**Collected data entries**
_____

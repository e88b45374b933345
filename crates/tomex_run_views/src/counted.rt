//! The steps of a run on a configuration, counted.

ghost use Rattle.std.specs.Prelude.{◌≡◌, ◌≤◌, ◌^◌, ◌*◌, ℕ, IfOk, length, map};
ghost use Rattle.tomex_rvexec.specs.declared.step.Step.{Step};
ghost use Rattle.tomex_run_views.specs.Tally.{IsCounted, only_drain, with_drain};
ghost use Rattle.tomex_rvexec.specs.Run.{most_steps};

use crate::drain::drain_of;
use crate::tally::{Sum, Tally, count_by_key};
use std::alloc::{AllocError, Allocator};
use tomex_config::Config;
use tomex_rvexec::Step;
use tomex_timing::evaluate::waits;

/// The steps of a run, counted by key, and the cycles after its last issue.
#[derive(Drop)]
pub struct Counted<A: Allocator> {
    pub tally: Tally<A>,
    pub drain: u64,
}

impl<A: Allocator> Counted<A> {
    /// What the record of the drain has.
    pub fn only_drain(&self) -> Sum
        ensures { result ≡ only_drain self.now.drain }
    {
        let mut sum = Sum::none();
        sum.cycles = self.drain;
        sum
    }

    /// What the record of the run has: all its steps, and the drain.
    pub fn total(&self) -> Sum
        requires drain { self.now.drain ≤ 2 ^ 62 }
        requires cycles { self.now.tally.all.cycles ≤ 2 ^ 62 }
        ensures { result ≡ with_drain self.now.drain self.now.tally.all }
    {
        self.tally.all.with_drain(self.drain)
    }
}

/// Counts the steps of a run on a configuration by their keys, of which there is one for each. The run is timed once.
pub fn count_run<A: Allocator + Clone>(
    alloc: A,
    config: &Config,
    steps: &[Step],
    keys: &[u64],
) -> Result<Counted<A>, AllocError>
    requires few { length steps.now ≤ most_steps }
    requires keys { (key : Step → ℕ) × (keys.now ≡ map key steps.now) }
    ensures counted { IfOk result (λ c. (key : Step → ℕ) → keys.now ≡ map key steps.now
        → IsCounted key config.now steps.now c) }
    ensures drain { IfOk result (λ c. c.drain ≤ 2 ^ 62) }
    ensures cycles { IfOk result (λ c. c.tally.all.cycles ≤ 2 ^ 62) }
{
    config.keeps_limits();
    let waits = waits(alloc.clone()?, steps, config)?;
    let drain = drain_of(config, steps, waits.as_slice());
    let tally = count_by_key(alloc, keys, steps, waits.as_slice())?;
    Ok(Counted { tally, drain })
}
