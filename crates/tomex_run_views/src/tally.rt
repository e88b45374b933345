//! The steps of each key, such as an address, counted with their cycles and waits.

ghost use Rattle.std.specs.Prelude.{◌≡◌, ◌^◌, ◌<◌, ◌≤◌, ◌++◌, ◌∷◌, [], ℕ, IfOk, List, OnOk, All, length, map};
ghost use Rattle.tomex_rvexec.specs.declared.step.Step.{Step};
ghost use Rattle.tomex_timing.specs.Waiting.{AreWithin};
ghost use Rattle.tomex_run_views.specs.ByPlace.{Visit};
ghost use Rattle.tomex_run_views.specs.Tally.{HasRoom, IsTally, cycles_by, more_at, no_sum, sum_after, visit};
ghost use Rattle.tomex_run_views.specs.Tally.{visits_by, with_drain};
ghost use Rattle.tomex_rvexec.specs.Run.{most_steps};

use std::alloc::{AllocError, Allocator};
use std::collections::BTreeMap;
use tomex_rvexec::Step;
use tomex_timing::Waits;

/// How many steps there are, how many cycles they take, and how long they wait, in cycles.
#[derive(Clone, Copy, Drop)]
pub struct Sum {
    pub steps: u64,
    /// How many cycles each of them issues after the step before it.
    pub cycles: u64,
    pub waits: Waits,
}

/// The steps with one key.
#[derive(Clone, Copy, Drop)]
pub struct Group {
    pub first: Step,
    pub sum: Sum,
}

/// The steps of each key, and all of them.
#[derive(Drop)]
pub struct Tally<A: Allocator> {
    pub groups: BTreeMap<u64, Group, A>,
    pub all: Sum,
}

/// How many cycles a step issues after the one before it, or after cycle 0.
pub fn cycles_of(index: usize, waits: &Waits) -> u64
    requires { AreWithin (2 ^ 35) waits.now }
    ensures value { result ≡ cycles_by (more_at index) waits.now }
    ensures bound { result ≤ 2 ^ 37 }
{
    waits.branch + waits.width + waits.station + u64::from(index == 0)
}

impl Sum {
    /// Of no steps.
    pub fn none() -> Sum
        ensures { result ≡ no_sum }
    {
        Sum {
            steps: 0,
            cycles: 0,
            waits: Waits {
                branch: 0,
                width: 0,
                station: 0,
                operand: 0,
                address: 0,
                memory: 0,
                unit: 0,
                bus: 0,
            },
        }
    }

    /// Counts one step more.
    pub fn add(&mut self, cycles: u64, waits: &Waits)
        requires steps { self.old.steps < 2 ^ 63 }
        requires old_cycles { self.old.cycles ≤ 2 ^ 63 }
        requires cycles { cycles ≤ 2 ^ 62 }
        requires sum { AreWithin (2 ^ 63) self.old.waits }
        requires waits { AreWithin (2 ^ 62) waits.now }
        ensures { self.new ≡ sum_after self.old cycles waits.now }
    {
        self.steps += 1;
        self.cycles += cycles;
        self.waits.branch += waits.branch;
        self.waits.width += waits.width;
        self.waits.station += waits.station;
        self.waits.operand += waits.operand;
        self.waits.address += waits.address;
        self.waits.memory += waits.memory;
        self.waits.unit += waits.unit;
        self.waits.bus += waits.bus;
    }

    /// With the cycles of the drain, which are no step's.
    pub fn with_drain(&self, drain: u64) -> Sum
        requires cycles { self.now.cycles ≤ 2 ^ 62 }
        requires drain { drain ≤ 2 ^ 62 }
        ensures { result ≡ with_drain drain self.now }
    {
        let mut sum = *self;
        sum.cycles += drain;
        sum
    }
}

impl Group {
    /// Before its first step is counted.
    fn new(first: Step) -> Group
        ensures { result ≡ record { first = first; sum = no_sum } }
    {
        Group {
            first,
            sum: Sum::none(),
        }
    }

    /// Counts one step more.
    fn add(&mut self, cycles: u64, waits: &Waits)
        requires steps { self.old.sum.steps < 2 ^ 63 }
        requires old_cycles { self.old.sum.cycles ≤ 2 ^ 63 }
        requires cycles { cycles ≤ 2 ^ 62 }
        requires sum { AreWithin (2 ^ 63) self.old.sum.waits }
        requires waits { AreWithin (2 ^ 62) waits.now }
        ensures { self.new ≡ record self.old { sum = sum_after self.old.sum cycles waits.now } }
    {
        self.sum.add(cycles, waits);
    }
}

impl<A: Allocator + Clone> Tally<A> {
    /// Of no steps.
    pub fn new(alloc: A) -> Tally<A>
        ensures { (key : Step → ℕ) → IsTally key [] result }
    {
        Tally {
            groups: BTreeMap::new(alloc),
            all: Sum::none(),
        }
    }

    /// Counts a step with its key, its cycles and its waits.
    pub fn add(
        &mut self,
        key: u64,
        step: &Step,
        cycles: u64,
        waits: &Waits,
    ) -> Result<(), AllocError>
        requires room { HasRoom self.old }
        requires cycles { cycles ≤ 2 ^ 37 }
        requires waits { AreWithin (2 ^ 35) waits.now }
        ensures { OnOk result ((of : Step → ℕ) (visits : List Visit) → IsTally of visits self.old → key ≡ of step.now
            → IsTally of (visits ++ visit step.now cycles waits.now ∷ []) self.new) }
    {
        self.all.add(cycles, waits);
        let group = self.groups.entry(key)?.or_insert(Group::new(*step));
        group.add(cycles, waits);
        Ok(())
    }
}

/// Counts steps with their cycles and waits, by key and all together. There is a key and there are waits for each step.
pub fn count_by_key<A: Allocator + Clone>(
    alloc: A,
    keys: &[u64],
    steps: &[Step],
    waits: &[Waits],
) -> Result<Tally<A>, AllocError>
    requires few { length steps.now ≤ most_steps }
    requires keys { (key : Step → ℕ) × (keys.now ≡ map key steps.now) }
    requires pairs { length waits.now ≡ length steps.now }
    requires waits { All (AreWithin (2 ^ 35)) waits.now }
    ensures counted { IfOk result (λ tally. (key : Step → ℕ) → keys.now ≡ map key steps.now
        → IsTally key (visits_by 1 steps.now waits.now) tally) }
    ensures bound { IfOk result (λ tally. tally.all.cycles ≤ 2 ^ 62) }
{
    let mut tally = Tally::new(alloc);
    for (index, step) in steps.iter().enumerate() {
        let waits = &waits[index];
        tally.add(keys[index], step, cycles_of(index, waits), waits)?;
    }
    Ok(tally)
}
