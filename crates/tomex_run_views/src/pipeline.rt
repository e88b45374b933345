//! The picture of some steps of a run on one configuration.

ghost use Rattle.std.specs.Prelude.{◌≡◌, ◌+◌, ◌<◌, ◌≤◌, ◌^◌, drop, length, nat_lt, take};
ghost use Rattle.std.specs.Prelude.{IfErr, IfOk, IsErrOf, OnOk};
ghost use Rattle.tomex_rvexec.specs.Run.{most_steps};
ghost use Rattle.tomex_timing.specs.Search.{total_of};
ghost use Rattle.tomex_layout.specs.Growth.{Appends};
ghost use Rattle.tomex_run_views.specs.Chart.{IsPictureOf, IsUnpictured, first_issue, frame_of};
ghost use Rattle.tomex_run_views.specs.Chart.{longest_instruction, most_signs, picture_of, signs_of};

use crate::excerpt::Excerpt;
use crate::lines::{Frame, push_lines};
use crate::picture_error::PictureError;
use std::alloc::{AllocError, Allocator, Global};
use std::fmt::Write;
use tomex_config::Config;
use tomex_rvexec::Step;
use tomex_timing::evaluate::total;
use tomex_timing::{Run, Times};

/// The most signs of one picture.
const MOST_SIGNS: u64 = 16_777_216;

/// The issue of the first step; 0 if there are no steps.
pub fn first_issue(times: &[Times]) -> u64
    ensures { result ≡ first_issue times.now }
{
    match times {
        [first, ..] => first.issue,
        [] => 0,
    }
}

/// The number of signs in the picture of an excerpt: its lines times its columns.
pub fn signs_of<A: Allocator>(excerpt: &Excerpt<A>) -> u64
    ensures { result ≡ signs_of excerpt.now.times }
{
    excerpt.keeps_limits();
    let times = excerpt.times();
    let columns = (total(times) + 1).saturating_sub(first_issue(times));
    times.len() as u64 * columns
}

/// The length of the longest instruction of some steps.
fn longest_instruction(heap: Global, steps: &[Step]) -> Result<usize, AllocError>
    ensures { IfOk result (λ letters. letters ≡ longest_instruction steps.now) }
{
    let mut text = String::new(heap);
    let mut letters = 0;
    for step in steps {
        let instr = step.instr;
        text.clear();
        write!(&mut text, "{instr}")?;
        letters = letters.max(text.as_bytes().len());
    }
    Ok(letters)
}

/// The columns of an excerpt.
fn frame_of<A: Allocator>(heap: Global, excerpt: &Excerpt<A>) -> Result<Frame, AllocError>
    ensures { IfOk result
        (λ frame. frame ≡ frame_of excerpt.now.number excerpt.now.steps excerpt.now.times) }
{
    excerpt.keeps_limits();
    let steps = excerpt.steps();
    let greatest = excerpt.number() + steps.len() as u64 - 1;
    let text = format!(in heap; "{greatest}")?;
    Ok(Frame {
        digits: text.as_bytes().len(),
        letters: longest_instruction(heap, steps)?,
        first: first_issue(excerpt.times()),
    })
}

/// Adds the picture of an excerpt, whatever its size. Small temporary data is allocated from
/// `heap`.
pub fn push_picture<A: Allocator, B: Allocator>(
    text: &mut String<A>,
    heap: Global,
    excerpt: &Excerpt<B>,
) -> Result<(), AllocError>
    ensures { OnOk result (
        Appends (picture_of excerpt.now.number excerpt.now.steps excerpt.now.times) text.old text.new) }
{
    excerpt.keeps_limits();
    let frame = frame_of(heap, excerpt)?;
    let times = excerpt.times();
    let (first, last) = (first_issue(times), total(times));
    write!(text, "cycles {first} to {last}\n")?;
    push_lines(text, heap, &frame, excerpt.number(), excerpt.steps(), times)
}

/// The picture of an excerpt, whatever its size. Small temporary data is allocated from `heap`.
pub fn picture_of<A: Allocator, B: Allocator>(
    alloc: A,
    heap: Global,
    excerpt: &Excerpt<B>,
) -> Result<Vec<u8, A>, AllocError>
    ensures { IfOk result
        (λ text. text.items ≡ picture_of excerpt.now.number excerpt.now.steps excerpt.now.times) }
{
    let mut text = String::new(alloc);
    push_picture(&mut text, heap, excerpt)?;
    Ok(text.into_bytes())
}

/// The picture of some steps of a run on a configuration, at most `count` of them from step `number` on; the
/// first step is number 1. It has a line with the cycles, from the first step's issue to the greatest end, and then a
/// line for each step: its number, its address, its instruction, and a sign for each cycle up to its end.
///
/// A picture of more than 2^24 signs isn't made. Small temporary data is allocated from `heap`.
pub fn pipeline_text<A: Allocator + Clone>(
    alloc: A,
    heap: Global,
    run: &Run<A>,
    config: &Config,
    number: u32,
    count: u32,
) -> Result<Vec<u8, A>, PictureError>
    requires few { length run.now ≤ most_steps }
    requires number { 0 < number }
    ensures text { IfOk result (λ text. IsPictureOf config.now run.now number count text.items) }
    ensures refused { IfErr result (λ error. IsUnpictured config.now run.now number count error) }
    ensures no_step { length run.now < number → IsErrOf result PictureError.NoSuchStep }
{
    let excerpt = Excerpt::new(&alloc, run, config, number, count)?;
    if MOST_SIGNS < signs_of(&excerpt) {
        return Err(PictureError::TooLarge);
    }
    Ok(picture_of(alloc, heap, &excerpt)?)
}
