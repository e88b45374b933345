//! Excerpts of runs.

ghost use Rattle.std.specs.Prelude.{◌≡◌, ◌-◌, ◌<◌, ◌≤◌, IfErr, IfOk, IsErrOf, drop, length, take};
ghost use Rattle.tomex_rvexec.specs.Run.{most_steps};
ghost use Rattle.tomex_run_views.specs.Excerpt.{AreTimesOf, HasNoExcerpt, IsExcerpt, IsExcerptOf, excerpt_with};

use crate::excerpt_error::ExcerptError;
use std::alloc::Allocator;
use std::marker::Model;
use tomex_config::Config;
use tomex_rvexec::Step;
use tomex_timing::evaluate::times;
use tomex_timing::{Run, Times};

/// Neighbouring steps of a run, with their times on a configuration.
#[derive(Drop)]
pub struct Excerpt<'a, A: Allocator> {
    /// The number of the first step; the run's first step is number 1.
    number: u32,
    steps: &'a [Step],
    /// The times of all steps of the run.
    run_times: Vec<Times, A>,
    /// The most steps that are shown.
    count: usize,
}

impl<'a, A: Allocator> Model for Excerpt<'a, A> {
    ghost use Rattle.std.specs.Prelude.{◌-◌, ◌≤◌, drop, length, take};
    ghost use Rattle.tomex_run_views.specs.Excerpt.{IsExcerpt, TimedSteps};

    ghost Value = { TimedSteps };

    ghost view = { λ e. record {
      number = e.number;
      steps = e.steps.now;
      times = take e.count (drop (e.number - 1) e.run_times.items);
    } };

    ghost invariant = { λ e. (e.number - 1 ≤ length e.run_times.items) × IsExcerpt (record {
      number = e.number;
      steps = e.steps.now;
      times = take e.count (drop (e.number - 1) e.run_times.items);
    }) };
}

/// At most `count` of these items, after the first `skipped`.
fn part_of<T>(items: &[T], skipped: usize, count: usize) -> &[T]
    requires { skipped ≤ length items.now }
    ensures { result.now ≡ take count (drop skipped items.now) }
{
    let rest = &items[skipped..];
    let end = count.min(rest.len());
    &rest[..end]
}

impl<'a, A: Allocator + Clone> Excerpt<'a, A> {
    /// At most `count` steps of a run on a configuration, from step `number` on; the first step is
    /// number 1. All steps of the run are timed.
    pub fn new(
        alloc: &A,
        run: &'a Run<A>,
        config: &Config,
        number: u32,
        count: u32,
    ) -> Result<Excerpt<'a, A>, ExcerptError>
        requires few { length run.now ≤ most_steps }
        requires number { 0 < number }
        ensures steps { IfOk result (λ e. IsExcerptOf config.now run.now number count e) }
        ensures refused { IfErr result (λ error. HasNoExcerpt run.now number error) }
        ensures no_step { length run.now < number → IsErrOf result ExcerptError.NoSuchStep }
    {
        let steps = run.steps();
        if steps.len() < number as usize {
            return Err(ExcerptError::NoSuchStep);
        }
        let run_times = times(alloc.clone()?, steps, config)?;
        let count = count as usize;
        Ok(Excerpt {
            number,
            steps: part_of(steps, number as usize - 1, count),
            run_times,
            count,
        })
    }
}

impl<'a, A: Allocator> Excerpt<'a, A> {
    /// The first steps of a run, at most `count` of them, given the times of all its steps. Allocates
    /// nothing.
    pub fn of_first(run: &'a Run<A>, run_times: Vec<Times, A>, count: u32) -> Excerpt<'a, A>
        requires few { length run.now ≤ most_steps }
        requires times { AreTimesOf run.now run_times.items }
        ensures { result ≡ excerpt_with run.now run_times.items 1 count }
    {
        let count = count as usize;
        Excerpt {
            number: 1,
            steps: part_of(run.steps(), 0, count),
            run_times,
            count,
        }
    }

    /// A law: there is a time for each step, at most 262,144 of them, and their numbers and cycles are below 2^32.
    pub fn keeps_limits(&self)
        ensures { IsExcerpt self.now }
    {
        let _number = self.number;
    }

    /// The number of the first step.
    pub fn number(&self) -> u64
        ensures { result ≡ self.now.number }
    {
        u64::from(self.number)
    }

    /// The steps, in program order.
    pub fn steps(&self) -> &[Step]
        ensures { result.now ≡ self.now.steps }
    {
        self.steps
    }

    /// The times of each step.
    pub fn times(&self) -> &[Times]
        ensures { result.now ≡ self.now.times }
    {
        part_of(
            self.run_times.as_slice(),
            self.number as usize - 1,
            self.count,
        )
    }
}
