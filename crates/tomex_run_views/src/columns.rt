//! The fields of sums over steps.

ghost use Rattle.std.specs.Prelude.{◌≡◌, ◌++◌, [], OnOk, map};
ghost use Rattle.std.specs.Fmt.{decimal};
ghost use Rattle.csv.specs.Records.{fields_of, partial_of};
ghost use Rattle.tomex_run_views.specs.Tally.{fields_of_sum};

use crate::tally::Sum;
use csv::ByteRecord;
use std::alloc::AllocError;
use tomex_layout::push_decimal;

/// The names of the columns of a sum.
pub const SUM_COLUMNS: [&str; 10] = [
    "steps", "cycles", "branch", "width", "station", "operand", "address", "memory", "unit", "bus",
];

/// Adds a field of decimal digits for each of these numbers.
pub fn push_decimals(
    fields: &mut ByteRecord,
    scratch: &mut String,
    numbers: &[u64],
) -> Result<(), AllocError>
    requires { partial_of fields.old ≡ [] }
    ensures fields { OnOk result (fields_of fields.new
        ≡ fields_of fields.old ++ map decimal numbers.now) }
    ensures whole { OnOk result (partial_of fields.new ≡ []) }
{
    for number in numbers {
        push_decimal(fields, scratch, *number)?;
    }
    Ok(())
}

/// Adds how many steps there are, how many cycles they take, and how long they wait.
pub fn push_sum(fields: &mut ByteRecord, scratch: &mut String, sum: &Sum) -> Result<(), AllocError>
    requires { partial_of fields.old ≡ [] }
    ensures fields { OnOk result (fields_of fields.new ≡ fields_of fields.old ++ fields_of_sum sum.now) }
    ensures whole { OnOk result (partial_of fields.new ≡ []) }
{
    let waits = &sum.waits;
    let numbers = [
        sum.steps,
        sum.cycles,
        waits.branch,
        waits.width,
        waits.station,
        waits.operand,
        waits.address,
        waits.memory,
        waits.unit,
        waits.bus,
    ];
    push_decimals(fields, scratch, &numbers)
}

_____

**PROBLEM DETAILS**
Beginning at the first line of the records, retype exactly every line up to and including the one with "let waits = waits(alloc.clone()?, steps, config)?;".

**ANSWER BOX**
repository e88b45374b933345
filename crates/tomex_run_views/src/counted.rt
//! The steps of a run on a configuration, counted.

ghost use Rattle.std.specs.Prelude.{◌≡◌, ◌≤◌, ◌^◌, ◌*◌, ℕ, IfOk, length, map};
ghost use Rattle.tomex_rvexec.specs.declared.step.Step.{Step};
ghost use Rattle.tomex_run_views.specs.Tally.{IsCounted, only_drain, with_drain};
ghost use Rattle.tomex_rvexec.specs.Run.{most_steps};

use crate::drain::drain_of;
use crate::tally::{Sum, Tally, count_by_key};
use std::alloc::{AllocError, Allocator};
use tomex_config::Config;
use tomex_rvexec::Step;
use tomex_timing::evaluate::waits;

/// The steps of a run, counted by key, and the cycles after its last issue.
#[derive(Drop)]
pub struct Counted<A: Allocator> {
    pub tally: Tally<A>,
    pub drain: u64,
}

impl<A: Allocator> Counted<A> {
    /// What the record of the drain has.
    pub fn only_drain(&self) -> Sum
        ensures { result ≡ only_drain self.now.drain }
    {
        let mut sum = Sum::none();
        sum.cycles = self.drain;
        sum
    }

    /// What the record of the run has: all its steps, and the drain.
    pub fn total(&self) -> Sum
        requires drain { self.now.drain ≤ 2 ^ 62 }
        requires cycles { self.now.tally.all.cycles ≤ 2 ^ 62 }
        ensures { result ≡ with_drain self.now.drain self.now.tally.all }
    {
        self.tally.all.with_drain(self.drain)
    }
}

/// Counts the steps of a run on a configuration by their keys, of which there is one for each. The run is timed once.
pub fn count_run<A: Allocator + Clone>(
    alloc: A,
    config: &Config,
    steps: &[Step],
    keys: &[u64],
) -> Result<Counted<A>, AllocError>
    requires few { length steps.now ≤ most_steps }
    requires keys { (key : Step → ℕ) × (keys.now ≡ map key steps.now) }
    ensures counted { IfOk result (λ c. (key : Step → ℕ) → keys.now ≡ map key steps.now
        → IsCounted key config.now steps.now c) }
    ensures drain { IfOk result (λ c. c.drain ≤ 2 ^ 62) }
    ensures cycles { IfOk result (λ c. c.tally.all.cycles ≤ 2 ^ 62) }
{
    config.keeps_limits();
    let waits = waits(alloc.clone()?, steps, config)?;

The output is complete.